┌─ Data for this task

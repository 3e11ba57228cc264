//! What is reported of the proof behind a command that forks.
ghost use Rattle.std.specs.Prelude.{◌≡◌, ◌∷◌, [], ℕ, IfOk, drop};
ghost use Rattle.pide_base.specs.Questions.{risen_by};
ghost use Rattle.report_markup.specs.declared.kind.ReportKind.TheVariants as kinds;
ghost use Rattle.report_markup.specs.Sorting.{ordered_reports};
ghost use Rattle.proof_terms.specs.Marks.{marks};
ghost use Rattle.proof_terms.specs.Reading.{proof_of};
ghost use Rattle.proof_terms.specs.Texts.{fault_text};
ghost use Rattle.proof_checks.specs.Checks.{checked};
ghost use Rattle.proof_checks.specs.Questions.{rules_judged};
ghost use Rattle.language.specs.Answers.{IsAnswer};
ghost use Rattle.language.specs.Questions.{AsksSo};
ghost use Rattle.isar_rules.specs.Reports.{report, whole, error_report};
ghost use Rattle.isar_rules.specs.Cites.{refs};
ghost use Rattle.isar_rules.specs.Forks.{verdict, judged_reports, forked_at};
ghost use Rattle.fork_steps.specs.Questions.{questions_of, questions_at};

use crate::citing::add_cites;
use command_steps::{error_report, proved_report};
use isar_rules::Place;
use language::Answer;
use nj_formula::Formula;
use outer_syntax::Token;
use pide_base::Stop;
use proof_checks::{Checked, check};
use proof_terms::{Term, TermError, TermFault, one_answer, read};
use report_markup::{Report, sorted};
use sqlite_items::Items;
use std::alloc::{AllocError, Global};
use theory_ctx::Scope;

/// What was made, as the answer of a job that was not stopped.
pub fn given<T>(made: Result<T, AllocError>) -> Answer<T>
    ensures answer { (value : T) (before now : ℕ) → IfOk made (λ x. x ≡ value)
        → IsAnswer result value before now }
    ensures asks { (questions before now : ℕ) → now ≡ risen_by questions before
        → AsksSo result questions before now }
{
    match made {
        Ok(made) => Answer::Given(made),
        Err(_) => Answer::NoMemory,
    }
}

/// What is reported of a proof that was checked: that it was, and what its names mean.
fn accepted(
    alloc: Global,
    source: &[char],
    scope: &Scope,
    term: &Term,
) -> Result<Items<Report>, AllocError>
    ensures { IfOk result (λ reports. reports ≡ ordered_reports
        (report kinds.Proved (whole source.now) [] [] ∷ refs scope.now term.now)) }
{
    let mut reports = Items::new(alloc);
    reports.push(proved_report(alloc, source))?;
    add_cites(alloc, scope, term, &mut reports)?;
    sorted(alloc, reports)
}

/// The report of a fault.
fn fault_report(alloc: Global, source: &[char], fault: &TermFault) -> Result<Report, AllocError>
    ensures { IfOk result (λ report. report ≡ error_report source.now (fault_text fault.now)) }
{
    let text = format!(in alloc; "{fault}")?;
    error_report(alloc, source, text)
}

/// What is reported of a fault.
fn faulty(alloc: Global, source: &[char], fault: TermFault) -> Result<Items<Report>, AllocError>
    ensures { IfOk result (λ reports. reports
        ≡ error_report source.now (fault_text fault) ∷ []) }
{
    let report = fault_report(alloc, source, &fault);
    drop(fault);
    let mut reports = Items::new(alloc);
    reports.push(report?)?;
    Ok(reports)
}

/// What is reported of a term, as a proof of the goal.
fn checked<P: Stop>(
    alloc: Global,
    source: &[char],
    goal: &Formula,
    scope: &Scope,
    term: &Term,
    stop: &mut P,
) -> Answer<Items<Report>>
    ensures answer { IsAnswer result (verdict source.now (refs scope.now term.now)
        (checked term.now goal.now scope.now)) (P.yeses stop.old) (P.yeses stop.new) }
    ensures asks { AsksSo result (rules_judged term.now goal.now scope.now)
        (P.questions stop.old) (P.questions stop.new) }
{
    match check(alloc, term, goal, scope, stop) {
        Checked::Proved(theorem) => {
            drop(theorem);
            given(accepted(alloc, source, scope, term))
        }
        Checked::Wrong(fault) => given(faulty(alloc, source, fault)),
        Checked::Stopped => Answer::Stopped,
        Checked::NoMemory => Answer::NoMemory,
    }
}

/// What is reported of these tokens, as a proof of the goal.
fn judged<P: Stop>(
    alloc: Global,
    source: &[char],
    tokens: &[Token],
    goal: &Formula,
    scope: &Scope,
    stop: &mut P,
) -> Answer<Items<Report>>
    ensures answer { IsAnswer result (judged_reports source.now goal.now scope.now
        (proof_of (marks source.now tokens.now))) (P.yeses stop.old) (P.yeses stop.new) }
    ensures asks { AsksSo result
        (questions_of goal.now scope.now (proof_of (marks source.now tokens.now)))
        (P.questions stop.old) (P.questions stop.new) }
{
    one_answer();
    match read(alloc, source, tokens) {
        Ok(term) => {
            let answer = checked(alloc, source, goal, scope, &term, stop);
            drop(term);
            answer
        }
        Err(TermError::Fault(fault)) => given(faulty(alloc, source, fault)),
        Err(TermError::NoMemory) => Answer::NoMemory,
    }
}

/// The tokens behind the first.
fn behind_first(tokens: &[Token]) -> &[Token]
    ensures { result.now ≡ drop 1 tokens.now }
{
    match tokens {
        [] => tokens,
        [_, behind @ ..] => behind,
    }
}

/// What is reported of the tokens of a command at a place: nothing where no goal is open. `stop` is
/// asked once before each rule of the proof that is judged, and nowhere else.
pub fn forked_at<P: Stop>(
    alloc: Global,
    source: &[char],
    tokens: &[Token],
    place: &Place,
    stop: &mut P,
) -> Answer<Items<Report>>
    ensures answer { IsAnswer result (forked_at source.now tokens.now place.now)
        (P.yeses stop.old) (P.yeses stop.new) }
    ensures asks { AsksSo result (questions_at source.now tokens.now place.now)
        (P.questions stop.old) (P.questions stop.new) }
{
    let Place::Proof { theory, proof, .. } = place else {
        return Answer::Given(Items::new(alloc));
    };
    let Some(goal) = proof.goal() else {
        return Answer::Given(Items::new(alloc));
    };
    match proof.scope(alloc, theory.name.as_str(), &theory.facts) {
        Ok(scope) => {
            let answer = judged(alloc, source, behind_first(tokens), goal, &scope, stop);
            drop(scope);
            answer
        }
        Err(_) => Answer::NoMemory,
    }
}
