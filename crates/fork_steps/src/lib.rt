//! What is reported of the proof behind a command that forks: that it was checked, with what the
//! names that it cites mean; or its first fault.
//!
//! Forked proofs are after Wenzel, "Asynchronous User Interaction and Tool Integration in
//! Isabelle/PIDE" (ITP 2014); the reports are those of `isar_rules`. The check of a term alone asks
//! whether to stop. It must not know of the sources of other commands, of documents or of workers.
#![tactic(auto)]

mod citing;
mod forking;

pub use forking::{forked_at, given};
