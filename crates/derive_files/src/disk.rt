//! Files that are compared, and replaced as a whole.

use anyhow::{Context, Result};
use std::fs::{self, File};
use std::io::{ErrorKind, Write};

/// Writes a text beside a file, and then moves it to the file's place: where a step fails, the
/// file is still what it was.
pub(crate) fn replace(rt: &HostRuntime, name: &str, text: &str) -> Result<()> {
    let beside = format!(in rt.alloc(); "{name}.new")?;
    let mut file = File::create(rt, beside.as_str())?;
    file.write_all(text.as_bytes())?;
    file.sync_all()?;
    Ok(fs::rename(rt, beside.as_str(), name)?)
}

/// Whether a file is there and has this text.
pub(crate) fn has_text(rt: &HostRuntime, name: &str, text: &str) -> Result<bool> {
    match text_of(rt, name)? {
        Some(found) => Ok(found.as_str() == text),
        None => Ok(false),
    }
}

/// The text of a file, if it is there.
pub(crate) fn text_of(rt: &HostRuntime, name: &str) -> Result<Option<String>> {
    match fs::read_to_string(rt, name) {
        Ok(text) => Ok(Some(text)),
        Err(error) if error.kind() == ErrorKind::NotFound => Ok(None),
        Err(error) => Err(error).context(format_args!("reading {name}")),
    }
}

/// Writes a file, and the folder that it stands in.
pub(crate) fn put(rt: &HostRuntime, name: &str, text: &str) -> Result<()> {
    if let Some((folder, _name)) = name.rsplit_once('/') {
        fs::create_dir_all(rt, folder).context(format_args!("making {folder}"))?;
    }
    replace(rt, name, text).context(format_args!("writing {name}"))
}
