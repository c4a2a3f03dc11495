//! Files in the folders `specs` and `proofs` of a crate, beside its sources.

use crate::disk::{has_text, put, text_of};
use anyhow::{Result, bail};
use derive_nested::NestedFile;
use derive_text::path_in_crate;

/// Whether each of the files is there as it is to be, and is declared. `source` is the path of the
/// source that they are written for.
pub(crate) fn is_beside(rt: &HostRuntime, source: &str, files: &[NestedFile]) -> Result<bool> {
    for file in files {
        let is_there = has_text(rt, path_of(rt, source, file)?.as_str(), file.text.as_str())?;
        if !is_there || undeclared(rt, source, file)?.is_some() {
            return Ok(false);
        }
    }
    Ok(true)
}

/// Writes the files, and declares them.
pub(crate) fn write_beside(rt: &HostRuntime, source: &str, files: &[NestedFile]) -> Result<()> {
    for file in files {
        put(rt, path_of(rt, source, file)?.as_str(), file.text.as_str())?;
        if let Some(text) = undeclared(rt, source, file)? {
            put(rt, library_of(rt, source, file)?.as_str(), text.as_str())?;
        }
    }
    Ok(())
}

/// The path of a file.
fn path_of(rt: &HostRuntime, source: &str, file: &NestedFile) -> Result<String> {
    below(rt, source, file, file.path.as_str())
}

/// The path of the file that declares those of the folder of a file.
fn library_of(rt: &HostRuntime, source: &str, file: &NestedFile) -> Result<String> {
    below(rt, source, file, "Lib.antt")
}

/// A path in the folder of a file.
fn below(rt: &HostRuntime, source: &str, file: &NestedFile, path: &str) -> Result<String> {
    let path = format!(in rt.alloc(); "{}/{path}", file.folder.name())?;
    match path_in_crate(rt.alloc(), source, path.as_str())? {
        Some(path) => Ok(path),
        None => bail!("{source} is in no src folder of a crate"),
    }
}

/// What is to be the text of the file that declares a file, if it does not yet.
fn undeclared(rt: &HostRuntime, source: &str, file: &NestedFile) -> Result<Option<String>> {
    let Some(line) = &file.declared else {
        return Ok(None);
    };
    let text = match text_of(rt, library_of(rt, source, file)?.as_str())? {
        Some(text) => text,
        None => String::new(rt.alloc()),
    };
    for found in text.lines() {
        if found == line.as_str() {
            return Ok(None);
        }
    }
    let break_before = if text.is_empty() || text.ends_with('\n') {
        ""
    } else {
        "\n"
    };
    Ok(Some(format!(in rt.alloc(); "{text}{break_before}{line}\n")?))
}
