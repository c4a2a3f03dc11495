//! Writes the impls of user-defined types into files of their own.
//!
//! `derive_files FILE..` writes the module `derived` of each file that ends in `mod derived;`, and
//! for types that contain themselves files in `specs/` and `proofs/` of the crate.
//! `derive_files --check FILE..` writes nothing, and prints the name of each file for which other
//! texts would be written: its status is then 1. `derive_files --print FILE..` prints the
//! modules. For a file at fault nothing is written; what is wrong is printed with its line and
//! column, that line, and a caret under the character.
#![tactic(auto)]

mod beside;
mod disk;

use anyhow::{Context, Result, bail};
use beside::{is_beside, write_beside};
use derive_nested::{NestedFile, nested_files};
use derive_text::{DeriveError, Written, derive, derived_path, module_of};
use disk::{has_text, put, replace};
use std::alloc::AllocError;
use std::process::ExitCode;
use std::{env, fs};

/// What is done with the impls that are written for a file.
#[derive(Clone, Copy)]
enum Mode {
    /// They take the place of those in the module's file.
    Write,
    /// They are compared with those.
    Check,
    /// They are printed.
    Print,
}

/// What became of a file.
#[derive(Clone, Copy, PartialEq)]
enum Outcome {
    /// Its impls are what is written for it.
    Fresh,
    /// They are not, and were not written.
    Stale,
    /// Its definitions are at fault.
    Faulty,
}

/// A file with user-defined types, and that of the module of their impls.
#[derive(Drop)]
struct Files {
    /// The file, as it was named.
    name: String,
    /// Its path from the root of the file system.
    path: String,
    /// The module that it is, as ghost names say it.
    module: String,
    /// The file of the module of the impls.
    impls: String,
}

impl Files {
    /// The files of a name.
    fn of(rt: &HostRuntime, name: &str) -> Result<Files> {
        let path = whole_path(rt, name)?;
        let Some(module) = module_of(rt.alloc(), path.as_str())? else {
            bail!("{name} is in no src folder of a crate");
        };
        let Some(impls) = derived_path(rt.alloc(), path.as_str())? else {
            bail!("{name} is in no src folder of a crate");
        };
        let name = String::from_str(rt.alloc(), name)?;
        Ok(Files {
            name,
            path,
            module,
            impls,
        })
    }
}

/// A path from the root of the file system.
fn whole_path(rt: &HostRuntime, name: &str) -> Result<String> {
    if name.starts_with('/') {
        return Ok(String::from_str(rt.alloc(), name)?);
    }
    let folder = env::current_dir(rt)?;
    Ok(format!(in rt.alloc(); "{}/{name}", folder.as_str())?)
}

/// Writes the file of the impls and those beside the sources, and then, if it is moved, the file
/// with the types.
fn write(rt: &HostRuntime, files: &Files, written: &Written, beside: &[NestedFile]) -> Result<()> {
    let impls = files.impls.as_str();
    put(rt, impls, written.impls.as_str())?;
    write_beside(rt, files.path.as_str(), beside)?;
    match &written.moved {
        Some(text) => replace(rt, files.name.as_str(), text.as_str()).context(format_args!(
            "writing {}",
            files.name
        )),
        None => Ok(()),
    }
}

/// Writes, compares or prints what is written for a file.
fn derive_file(rt: &HostRuntime, name: &str, mode: Mode) -> Result<Outcome> {
    let source = fs::read_to_string(rt, name).context(format_args!("reading {name}"))?;
    let files = Files::of(rt, name)?;
    match texts_of(rt, files.module.as_str(), source.as_str()) {
        Ok((written, beside)) => finish(rt, &files, mode, (&written, &beside)),
        Err(DeriveError::Source(fault)) => {
            fault.show(&mut rt.stderr(), name, source.as_str())?;
            Ok(Outcome::Faulty)
        }
        Err(DeriveError::Memory) => Err(AllocError.into()),
    }
}

/// The impls that are written for a source of this module, and the files beside the sources.
fn texts_of(
    rt: &HostRuntime,
    module: &str,
    source: &str,
) -> Result<(Written, Vec<NestedFile>), DeriveError> {
    let written = derive(rt.alloc(), module, source)?;
    let beside = nested_files(rt.alloc(), module, source)?;
    Ok((written, beside))
}

/// Does with what is written for a file what is asked.
fn finish(
    rt: &HostRuntime,
    files: &Files,
    mode: Mode,
    (written, beside): (&Written, &[NestedFile]),
) -> Result<Outcome> {
    if matches!(mode, Mode::Print) {
        print!(rt; "{}", written.impls)?;
        return Ok(Outcome::Fresh);
    }
    let is_there = has_text(rt, files.impls.as_str(), written.impls.as_str())?
        && is_beside(rt, files.path.as_str(), beside)?;
    if is_there && written.moved.is_none() {
        return Ok(Outcome::Fresh);
    }
    if matches!(mode, Mode::Check) {
        return Ok(Outcome::Stale);
    }
    write(rt, files, written, beside)?;
    Ok(Outcome::Fresh)
}

/// Derives each file, and says whether each is what it is to be.
fn derive_all(rt: &HostRuntime, names: &[String], mode: Mode) -> Result<bool> {
    let mut are_fresh = true;
    for name in names {
        let outcome = derive_file(rt, name.as_str(), mode)?;
        if outcome == Outcome::Stale {
            println!(rt; "{name}")?;
        }
        if outcome != Outcome::Fresh {
            are_fresh = false;
        }
    }
    Ok(are_fresh)
}

/// What a first word asks for, if it is no file's name.
fn mode_of(word: &str) -> Option<Mode> {
    match word {
        "--check" => Some(Mode::Check),
        "--print" => Some(Mode::Print),
        _ => None,
    }
}

fn main(rt: HostRuntime) -> Result<ExitCode> {
    let words: Vec<String> = env::args(&rt)?.skip(1).collect(rt.alloc())?;
    let mode = words.first().and_then(|word| mode_of(word.as_str()));
    let names = words.get(usize::from(mode.is_some())..).unwrap_or(&[]);
    if names.is_empty() {
        bail!("usage: derive_files [--check | --print] FILE..");
    }
    if derive_all(&rt, names, mode.unwrap_or(Mode::Write))? {
        Ok(ExitCode::SUCCESS)
    } else {
        Ok(ExitCode::FAILURE)
    }
}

└─

* **Your goal**
Go through the listing above and state how many of its lines contain "accepted", with no other words.

* **Written solution**
2